## Activity
Determine how many lines below contain the word "alloc", then write that number by itself.

[[ Records open ]]

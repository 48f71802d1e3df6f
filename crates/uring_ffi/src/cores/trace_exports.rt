//! Lines of traces, and the steps that whole calls have in them, for C: functions of `c/include/wulgach.h`.
ghost use Rattle.std.specs.Prelude.{◌≡◌, ◌↔◌, pos, neg_ℤ};
ghost use Rattle.uring_entry.specs.declared.errno.TheConstants.{EINVAL, ENOMEM};
ghost use Rattle.uring_ffi_values.specs.CoreWords.AnswerForm.{answer_of};
ghost use Rattle.uring_ffi_values.specs.Traces.FlagLetters.{flags_text};
ghost use Rattle.uring_ffi_values.specs.CoreWords.SetUps.{IsRefused, without_files};
ghost use Rattle.uring_ffi_values.specs.Traces.SetupLines.{TellsSetup};
ghost use Rattle.uring_ffi_values.specs.Traces.TraceLines.{TellsLine};
ghost use Rattle.uring_ffi_values.specs.Volumes.VolumeForms.{IsGiven};
ghost use Rattle.uring_ffi_values.specs.Traces.Traced.{TellsEvent, submitted_for, reaped_event};

use std::alloc::Global;
use uring_core::StepWords;
use uring_ffi_values::answer_words::AnswerWords;
use uring_ffi_values::completion_words::CompletionWords;
use uring_ffi_values::flag_letters::trace_flags_in;
use uring_ffi_values::set_up_words::SetupWords;
use uring_ffi_values::setup_lines::trace_setup_in;
use uring_ffi_values::trace_lines::trace_line_in;
use uring_ffi_values::traced::{reaped_step, submitted_step};
use uring_ffi_values::whole_call_memory::EntryWords;

/// Writes a step with its answer as the line of a trace, without its end, as many bytes as there is room for, and how many there are. -22 (EINVAL) if the words give no step, or no answer, or the step has no line; -12 (ENOMEM) if memory is refused. A refusal writes nothing.
#[unsafe(no_mangle)]
pub extern "C" fn wulgach_trace_line(
    alloc: Global,
    step: &StepWords,
    answer: &AnswerWords,
    bytes: &mut [u8],
    len: &mut u64,
) -> i32
    ensures results { (result ≡ pos 0 → ⊥) → (result ≡ neg_ℤ EINVAL → ⊥) → result ≡ neg_ℤ ENOMEM }
    ensures refused { (result ≡ pos 0 → ⊥) → (bytes.new ≡ bytes.old) × (len.new ≡ len.old) }
    ensures told { result ≡ pos 0 → TellsLine step.now answer.now bytes.old bytes.new len.new }
{
    trace_line_in(&alloc, alloc, step, answer, bytes, len)
}

/// Writes the set-up that these words ask for as the first line of a trace, without its end, as many bytes as there is room for, and how many there are. -22 (EINVAL) exactly if no core has it; -12 (ENOMEM) if memory is refused. A refusal writes nothing.
#[unsafe(no_mangle)]
pub extern "C" fn wulgach_trace_setup(
    alloc: Global,
    setup: &SetupWords,
    bytes: &mut [u8],
    len: &mut u64,
) -> i32
    ensures results { (result ≡ pos 0 → ⊥) → (result ≡ neg_ℤ EINVAL → ⊥) → result ≡ neg_ℤ ENOMEM }
    ensures refused { (result ≡ pos 0 → ⊥) → (bytes.new ≡ bytes.old) × (len.new ≡ len.old) }
    ensures no_setup { (result ≡ neg_ℤ EINVAL) ↔ IsRefused (without_files setup.now) }
    ensures told { result ≡ pos 0 → TellsSetup setup.now bytes.old bytes.new len.new }
{
    trace_setup_in(&alloc, alloc, setup, bytes, len)
}

/// Writes the letters of flags as a trace has them, or `-` if none of them has one, as many bytes as there is room for, and how many there are. -12 (ENOMEM) if memory is refused; then nothing is written.
#[unsafe(no_mangle)]
pub extern "C" fn wulgach_trace_flags(
    alloc: Global,
    flags: u8,
    bytes: &mut [u8],
    len: &mut u64,
) -> i32
    ensures results { (result ≡ pos 0 → ⊥) → result ≡ neg_ℤ ENOMEM }
    ensures refused { (result ≡ pos 0 → ⊥) → (bytes.new ≡ bytes.old) × (len.new ≡ len.old) }
    ensures told { result ≡ pos 0 → IsGiven (flags_text flags) bytes.old bytes.new len.new }
{
    trace_flags_in(&alloc, alloc, flags, bytes, len)
}

/// Writes the step of this place in a submission call of these entries, which began at this head and came to this answer, with its own, and returns true. False after the last one; then nothing is written.
#[unsafe(no_mangle)]
pub extern "C" fn wulgach_submitted_step(
    entries: &[EntryWords],
    head: u32,
    end: &AnswerWords,
    place: u32,
    step: &mut StepWords,
    answer: &mut AnswerWords,
) -> bool
    ensures { TellsEvent (submitted_for entries.now head (answer_of end.now) place) result step.old step.new answer.old answer.new }
{
    submitted_step(entries, head, end, place, step, answer)
}

/// Writes the step of this place where these completions are reaped at once, with its answer, and returns true. False after the last one; then nothing is written.
#[unsafe(no_mangle)]
pub extern "C" fn wulgach_reaped_step(
    completions: &[CompletionWords],
    tail: u32,
    head: u32,
    place: u32,
    step: &mut StepWords,
    answer: &mut AnswerWords,
) -> bool
    ensures { TellsEvent (reaped_event completions.now tail head place) result step.old step.new answer.old answer.new }
{
    reaped_step(completions, tail, head, place, step, answer)
}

[[ Records closed ]]

## Solution for this task
7